A code point is a numerical code that refers to a single element/character in a specific coded character set, that sentence means that ASCII has 128 possible symbols (only a part of those will be printable characters) and each one of those has a related numerical code by which it can be identified/addressed, the code point.

For an alternative wording, check out this Joel's post and this summary by Oracle that also introduces the concept of code unit :)

To give you a real world example of what code points are, consider the unicode character snowman ☃, its code point (with unicode syntax U+<code point in hex>) is U+2603.

0
tripleee On

The concepts are slightly more abstract than the traditional, pre-Unicode concepts.

Traditionally, a "code space" was more or less synonymous with "character range". A 7-bit encoding would have a code space from 0 through 127, an 8-bit encoding 0 through 255, a 16-bit encoding 0 through 65535. Unicode has a code space from 0 through 0x10FFFF, though parts of the code space are unpopulated.

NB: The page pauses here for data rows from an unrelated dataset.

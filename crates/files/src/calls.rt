// What follows a call of read or write.

ghost use Rattle.std.specs.Prelude.{◌≡◌};
ghost use Rattle.files.specs.Calls.{next_of};

use std::io::{self, ErrorKind};

#[derive(Clone, Copy, Debug, PartialEq, Eq)]
pub enum Next {
    // So many bytes more went through.
    On(usize),
    // A signal came before any byte went through: the call is made again.
    Again,
    // No call is to follow: so many bytes came in all, or nothing counts as read.
    Stop(Option<usize>),
}

// How many interrupted calls in a row are borne: the loops have to end also where each call is interrupted.
pub const BORNE: usize = 1000;

// What an answer leads to, where done bytes went through before and left interrupted calls are still borne.
#[tactic(auto, unfolding(crate::specs::Calls::next_of))]
pub fn after(called: io::Result<usize>, left: usize, done: usize) -> Next
    ensures { result ≡ next_of called left done }
{
    match called {
        Ok(0) => Next::Stop(Some(done)),
        Ok(n) => Next::On(n),
        Err(e) => match e.kind() {
            ErrorKind::Interrupted if left > 0 => Next::Again,
            _ => Next::Stop(None),
        },
    }
}
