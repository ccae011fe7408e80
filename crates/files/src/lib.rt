// Bytes in and out, for the programs. A call that fails is told from the end of the input, one that a signal interrupts is made again, and one that
// moves a part only is followed by a call for the rest.

#![tactic(auto)]

mod calls;

ghost use Rattle.std.specs.Prelude.{◌≤◌, length, take};
ghost use Rattle.std.specs.Io.KnownBytes.{Appends};
ghost use Rattle.files.specs.Moved.{CameFrom};
ghost use Rattle.files.specs.Within.{Within};

use calls::Next;
use std::fs::File;
use std::io::{Read, Write};
use std::rt::Files;
use std::str;

// Reads until the buffer is full or the input ends. Where a read fails nothing counts as read, also not the bytes that came before. The loop is by
// hand, since std's read_exact says nothing of an input that ends early, its read_to_end wants a Vec, and a call moves as many bytes as it likes.
#[tactic(auto, using(crate::proofs::Following::borne, crate::proofs::Following::some_read, crate::proofs::Following::stopped))]
pub fn fill<R: Read>(from: &mut R, buffer: &mut [u8]) -> Option<usize>
    ensures within { Within (length buffer.new) result }
    ensures bytes { CameFrom (R.remaining from.old) (R.remaining from.new) result buffer.new }
{
    let mut done = 0;
    let mut left = calls::BORNE;
    while done < buffer.len() {
        let called = from.read(&mut buffer[done..]);
        match calls::after(called, left, done) {
            Next::On(n) => {
                done += n;
                left = calls::BORNE;
            }
            Next::Again => left -= 1,
            Next::Stop(came) => return came,
        }
    }
    Some(done)
}

// Reads as much of a file as the buffer holds. One that cannot be opened and one that cannot be read are alike: a folder can be opened. The name is
// bytes, for a &str would ask more of callers.
pub fn load<F: Files>(files: &F, name: &[u8], buffer: &mut [u8]) -> Option<usize>
    ensures { Within (length buffer.new) result }
{
    let mut file = open(files, name)?;
    fill(&mut file, buffer)
}

// A file, opened for reading. Its name has to be text, as std's names are.
fn open<F: Files>(files: &F, name: &[u8]) -> Option<F::File> {
    let name = str::from_utf8(name).ok()?;
    File::open(files, name).ok()
}

// Writes all bytes, or as many as can be written, and returns how many these were. The loop is by hand, since std's write_all does not say how many
// went before a write that fails. It is that of fill but for the call; with a closure for the call one loop could serve both, but what fill and put
// say of the bytes it would have to say of each call that it made, in a contract longer than itself.
#[tactic(auto, using(crate::proofs::Following::borne, crate::proofs::Following::some_written))]
pub fn put<W: Write>(to: &mut W, bytes: &[u8]) -> usize
    ensures within { result ≤ length bytes.now }
    ensures written { Appends (W.contents to.old) (W.contents to.new) (take result bytes.now) }
{
    let mut done = 0;
    let mut left = calls::BORNE;
    while done < bytes.len() {
        let called = to.write(&bytes[done..]);
        match calls::after(called, left, done) {
            Next::On(n) => {
                done += n;
                left = calls::BORNE;
            }
            Next::Again => left -= 1,
            Next::Stop(_) => return done,
        }
    }
    done
}

#[cfg(test)]
mod tests {
    use super::{fill, put};
    use std::io;
    use std::io::{ErrorKind, Read, Write};

    // A stream that moves one byte at a time, as many as there are, and each only after so many interrupted calls; then it ends, or fails.
    #[derive(Drop)]
    struct Fake {
        bytes: usize,
        interruptions: usize,
        waits: usize,
        fails: bool,
    }

    impl Fake {
        fn new(bytes: usize, interruptions: usize, fails: bool) -> Fake {
            Fake {
                bytes,
                interruptions,
                waits: interruptions,
                fails,
            }
        }

        fn moves(&mut self) -> io::Result<bool> {
            if self.waits > 0 {
                self.waits -= 1;
                return Err(io::Error::from(ErrorKind::Interrupted));
            }
            if self.bytes > 0 {
                self.bytes -= 1;
                self.waits = self.interruptions;
                return Ok(true);
            }
            if self.fails {
                return Err(io::Error::from_raw_os_error(5));
            }
            Ok(false)
        }
    }

    impl Read for Fake {
        fn read(&mut self, buf: &mut [u8]) -> io::Result<usize> {
            if buf.is_empty() || !self.moves()? {
                return Ok(0);
            }
            buf[0] = 7;
            Ok(1)
        }
    }

    impl Write for Fake {
        fn write(&mut self, buf: &[u8]) -> io::Result<usize> {
            if buf.is_empty() || !self.moves()? {
                return Ok(0);
            }
            Ok(1)
        }

        fn flush(&mut self) -> io::Result<()> {
            Ok(())
        }
    }

    #[test]
    fn reads_until_the_end(rt: HostRuntime) {
        let runs = [
            (3, 0, false, Some(3)),
            (9, 0, true, Some(8)),
            (3, 0, true, None),
            (3, 1000, false, Some(3)),
            (3, 1001, false, None),
        ];
        for (bytes, interruptions, fails, want) in runs {
            let mut buffer = [0u8; 8];
            let came = fill(&mut Fake::new(bytes, interruptions, fails), &mut buffer);
            assert!(rt;
                came == want,
                "{bytes} bytes, {interruptions} interruptions"
            );
        }
    }

    #[test]
    fn writes_what_it_can(rt: HostRuntime) {
        let runs = [
            (9, 0, false, 8),
            (3, 0, false, 3),
            (3, 0, true, 3),
            (9, 1000, false, 8),
            (9, 1001, false, 0),
        ];
        for (bytes, interruptions, fails, want) in runs {
            let count = put(&mut Fake::new(bytes, interruptions, fails), &[7u8; 8]);
            assert!(rt;
                count == want,
                "{bytes} bytes, {interruptions} interruptions"
            );
        }
    }
}
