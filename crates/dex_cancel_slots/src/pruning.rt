//! Taking an account's first orders off the sides, the next one found by its slots each time.

ghost use Rattle.std.specs.Prelude.{◌≡◌, length, take};
ghost use Rattle.dex_types.specs.Cancel.{orders_of};
ghost use Rattle.dex_orders.specs.OrdersAccount.{IsOpen};
ghost use Rattle.dex_accounts.specs.Keeps.{KeepsSide};
ghost use Rattle.dex_cancel.specs.TakenOff.{CanLeaveSide, DoOrdersFit, HaveLeftSide, side_handed};
ghost use Rattle.dex_cancel_slots.specs.Given.{slots_in};
ghost use Rattle.dex_cancel_slots.specs.Slots.{DoSlotsNameOn};

use crate::first_own::first_own;
use crate::owned::Owner;
use dex_cancel::steps::take_off;
use dex_ring::RingView;
use dex_types::{Lots, Side, SideBook};

/// Takes the account's first orders on a side, up to the limit, and appends their outs. It answers how many there were.
pub fn prune_side<S: SideBook>(
    side: Side,
    limit: u32,
    owner: Owner<'_>,
    sizes: Lots,
    book: &mut S,
    ring: &mut RingView<'_>,
) -> u32
    requires open { IsOpen owner.orders.bytes.now }
    requires holds { S.holds book.old }
    requires names { DoSlotsNameOn owner.account (slots_in owner.orders) side (S.orders book.old) }
    requires can { let before = side_handed sizes side S.orders book.old ring.old in
        CanLeaveSide (take limit (orders_of owner.account side before.orders)) before }
    requires locks { DoOrdersFit side sizes (S.orders book.old) }
    ensures count { result ≡ length (take limit (orders_of owner.entry.account side (S.orders book.old))) }
    ensures left { let before = side_handed sizes side S.orders book.old ring.old in
        let after = side_handed sizes side S.orders book.new ring.new in
        HaveLeftSide (take limit (orders_of owner.entry.account side before.orders)) before after }
    ensures book { KeepsSide S.holds S.same_place S.side S.room book.old book.new }
    ensures place { ring.new.bytes.ghost_name ≡ ring.old.bytes.ghost_name }
{
    let mut count = 0;
    let mut last = None;
    'slots: while count < limit {
        let Some(order) = first_own(owner, side, last, book) else {
            return count;
        };
        last = Some(order.id);
        take_off(order, side, sizes, book, ring);
        count += 1;
    }
    count
}
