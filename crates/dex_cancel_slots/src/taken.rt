//! Which slots of an account are taken, by their bits, and what a slot holds.

ghost use Rattle.std.specs.Prelude.{◌≡◌, ◌≤◌, ◌<◌, true};
ghost use Rattle.dex_orders.specs.Bits.{is_set};
ghost use Rattle.dex_orders.specs.OrdersAccount.{IsOpen};
ghost use Rattle.dex_cancel_slots.specs.Given.{slots_in};
ghost use Rattle.dex_cancel_slots.specs.Slots.{AreBitsOf, AreClear, AreFree, IsClientOf, IsIdOf, held_in, is_on};

use dex_fields::open_orders::{CLIENT_ORDER_IDS, FREE_SLOT_BITS, IS_BID_BITS, ORDERS};
use dex_fields::{get_u64, get_u128};
use dex_orders::OrdersRef;
use dex_types::Side;

/// A number of slots after which all are free: it counts the last taken one and those before it, which no clause says.
#[tactic(auto, using(crate::proofs::TakenLaws::free_behind))]
pub fn taken_end(orders: &OrdersRef<'_>) -> u8
    requires { IsOpen orders.now.bytes.now }
    ensures within { result ≤ 128 }
    ensures free { AreFree (slots_in orders.now) result 128 }
{
    let taken = !get_u128(orders.bytes, FREE_SLOT_BITS);
    128 - taken.leading_zeros() as u8
}

/// The bits of the slots that hold an order of the side.
pub fn side_bits(orders: &OrdersRef<'_>, side: Side) -> u128
    requires { IsOpen orders.now.bytes.now }
    ensures { AreBitsOf (is_on side) (slots_in orders.now) result }
{
    let taken = !get_u128(orders.bytes, FREE_SLOT_BITS);
    let bids = get_u128(orders.bytes, IS_BID_BITS);
    match side {
        Side::Bid => taken & bids,
        Side::Ask => taken & !bids,
    }
}

/// The first place from this one on whose bit is set; 128 where none is.
pub fn next_set(bits: u128, from: u8) -> u8
    requires from { from ≤ 128 }
    ensures after { from ≤ result }
    ensures within { result ≤ 128 }
    ensures clear { AreClear bits from result }
    ensures set { result < 128 → is_set bits result ≡ true }
{
    if from == 128 {
        return 128;
    }
    let rest = bits >> from;
    if rest == 0 {
        return 128;
    }
    from + rest.trailing_zeros() as u8
}

/// The client id of the slot's order. Of a free slot it says nothing.
pub fn client_at(orders: &OrdersRef<'_>, slot: u8) -> u64
    requires open { IsOpen orders.now.bytes.now }
    requires slot { slot < 128 }
    ensures { IsClientOf (held_in (slots_in orders.now) slot) result }
{
    get_u64(orders.bytes, CLIENT_ORDER_IDS.item(8, slot as usize))
}

/// The id of the slot's order. Of a free slot it says nothing.
pub fn id_at(orders: &OrdersRef<'_>, slot: u8) -> u128
    requires open { IsOpen orders.now.bytes.now }
    requires slot { slot < 128 }
    ensures { IsIdOf (held_in (slots_in orders.now) slot) result }
{
    get_u128(orders.bytes, ORDERS.item(16, slot as usize))
}
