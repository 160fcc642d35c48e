//! Orders that the slots of an account name by their client id.

ghost use Rattle.std.specs.Prelude.{◌≡◌, ◌<◌, None, slice_index_or};
ghost use Rattle.dex_types.specs.Cancel.{all_orders_of, at_most_one, oldest};
ghost use Rattle.dex_orders.specs.OrdersAccount.{IsOpen};
ghost use Rattle.dex_cancel.specs.Finding.{maybe_resting};
ghost use Rattle.dex_cancel_slots.specs.Given.{IsNamed, slots_in};
ghost use Rattle.dex_cancel_slots.specs.Slots.{DoSlotsName, has_client, named_by_slot};

use crate::owned::{Owned, Owner, gathered};
use crate::taken::{client_at, taken_end};
use dex_cancel::steps::{Found, find_on, older_of};
use dex_types::SideRead;

/// The order that a slot names, where the slot has the client id.
pub fn named_at<B: SideRead, A: SideRead>(
    own: &Owned<'_, '_, '_, B, A>,
    slot: u8,
    client: u64,
) -> Option<Found>
    requires own { IsNamed B.holds B.orders A.holds A.orders own.now }
    requires slot { slot < 128 }
    ensures { let held = slice_index_or (slots_in own.now.orders) slot None in
        at_most_one (maybe_resting result)
        ≡ named_by_slot (has_client client) (B.orders own.now.bids.now) (A.orders own.now.asks.now) held }
{
    if client_at(&own.orders, slot) != client {
        return None;
    }
    let (id, side, _) = own.orders.slot(slot)?;
    let order = find_on(own.bids, own.asks, side, id)?;
    Some(Found { side, order })
}

/// The account's order of the client id that has the least sequence number.
pub fn find_oldest<B: SideRead, A: SideRead>(
    owner: Owner<'_>,
    bids: &B,
    asks: &A,
    client: u64,
) -> Option<Found>
    requires open { IsOpen owner.orders.bytes.now }
    requires bids { B.holds bids.now }
    requires asks { A.holds asks.now }
    requires names { DoSlotsName owner.account (slots_in owner.orders) (B.orders bids.now) (A.orders asks.now) }
    ensures { maybe_resting result ≡ oldest client (all_orders_of owner.entry.account (B.orders bids.now) (A.orders asks.now)) }
{
    let own = &gathered(owner, bids, asks);
    let mut found = None;
    let end = taken_end(&owner.orders);
    let mut slot = 0;
    'slots: while slot < end {
        found = older_of(found, named_at(own, slot, client));
        slot += 1;
    }
    found
}
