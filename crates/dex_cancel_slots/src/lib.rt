//! Cancels that find an account's orders by its 128 slots, and walk along no side of the book.
#![tactic(auto)]

mod applying;
mod counting;
mod deciding;
mod finding;
mod first_own;
mod laws;
mod owned;
mod pruning;
mod taken;

pub use applying::apply_cancel_by_slots;
pub use deciding::decide_cancel_by_slots;
pub use laws::{an_accounts_slots_name_its_orders, the_slots_tell_an_owners_orders};
pub use owned::Owner;
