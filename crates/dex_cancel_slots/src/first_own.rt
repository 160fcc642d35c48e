//! The order that comes first of those that an account has on a side, found slot by slot.

ghost use Rattle.std.specs.Prelude.{◌≡◌};
ghost use Rattle.std.specs.List.{All};
ghost use Rattle.dex_orders.specs.OrdersAccount.{IsOpen};
ghost use Rattle.dex_cancel_slots.specs.FirstOwn as own;
ghost use Rattle.dex_cancel_slots.specs.FirstOwn.{IsFirstOwn, StandsBehind};
ghost use Rattle.dex_cancel_slots.specs.Given.{slots_in};
ghost use Rattle.dex_cancel_slots.specs.Slots.{DoSlotsNameOn};

use crate::owned::Owner;
use crate::taken::{id_at, next_set, side_bits};
use dex_fills::prices::precedes;
use dex_types::{Order, Side, SideRead};

/// The id comes after the last one, where there is one.
fn is_behind(side: Side, last: Option<u128>, id: u128) -> bool
    ensures { result ≡ own.is_behind side last id }
{
    match last {
        Some(last) => precedes(side, last, id),
        None => true,
    }
}

/// The id comes before the first order, where there is one.
fn is_ahead(side: Side, id: u128, first: &Option<Order>) -> bool
    ensures { result ≡ own.is_ahead side id first.now }
{
    match first {
        Some(first) => precedes(side, id, first.id),
        None => true,
    }
}

/// The order of an id, where it rests after the last id and before the first order; else the first order. It looks up
/// no other.
fn earlier<S: SideRead>(
    side: Side,
    last: Option<u128>,
    book: &S,
    first: Option<Order>,
    id: u128,
) -> Option<Order>
    requires { S.holds book.now }
    ensures { result ≡ own.earlier side last (S.orders book.now) first id }
{
    if is_behind(side, last, id) && is_ahead(side, id, &first) {
        book.find(id).or(first)
    } else {
        first
    }
}

/// The account's first order on a side, where all that it has there come after a last id.
pub fn first_own<S: SideRead>(
    owner: Owner<'_>,
    side: Side,
    last: Option<u128>,
    book: &S,
) -> Option<Order>
    requires open { IsOpen owner.orders.bytes.now }
    requires holds { S.holds book.now }
    requires names { DoSlotsNameOn owner.account (slots_in owner.orders) side (S.orders book.now) }
    requires behind { All (StandsBehind owner.account side last) (S.orders book.now) }
    ensures { IsFirstOwn owner.entry.account side result (S.orders book.now) }
{
    let bits = side_bits(&owner.orders, side);
    let mut first = None;
    let mut slot = next_set(bits, 0);
    'slots: while slot < 128 {
        first = earlier(side, last, book, first, id_at(&owner.orders, slot));
        slot = next_set(bits, slot + 1);
    }
    first
}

Traditionally, a "code point" was more or less synonymous with "character code". Unicode abstracts away from the single "character code" mapping to emphasize that there is a more-complex relationship between a set of glyphs and a set of character codes, and that some code points (such as joining modifiers) do not encode individual glyphs as such. Superficially, U+0020 is still the same character as ASCII SPACE 0x20, but Unicode has a much richer set of well-defined attributes and relationships.

Unicode had to coin new terms for these concepts so as not to overload the traditional terms with extended meanings. A "code space" is a unique, well-defined concept, which is not exactly the same thing as an (implicitly contiguous, possibly fully populated) character range. A "code point" is a unique, well-defined concept, which is not exactly the same thing as a "character code" (which isn't even entirely well-defined in the first place; it has multiple ambiguous interpretations).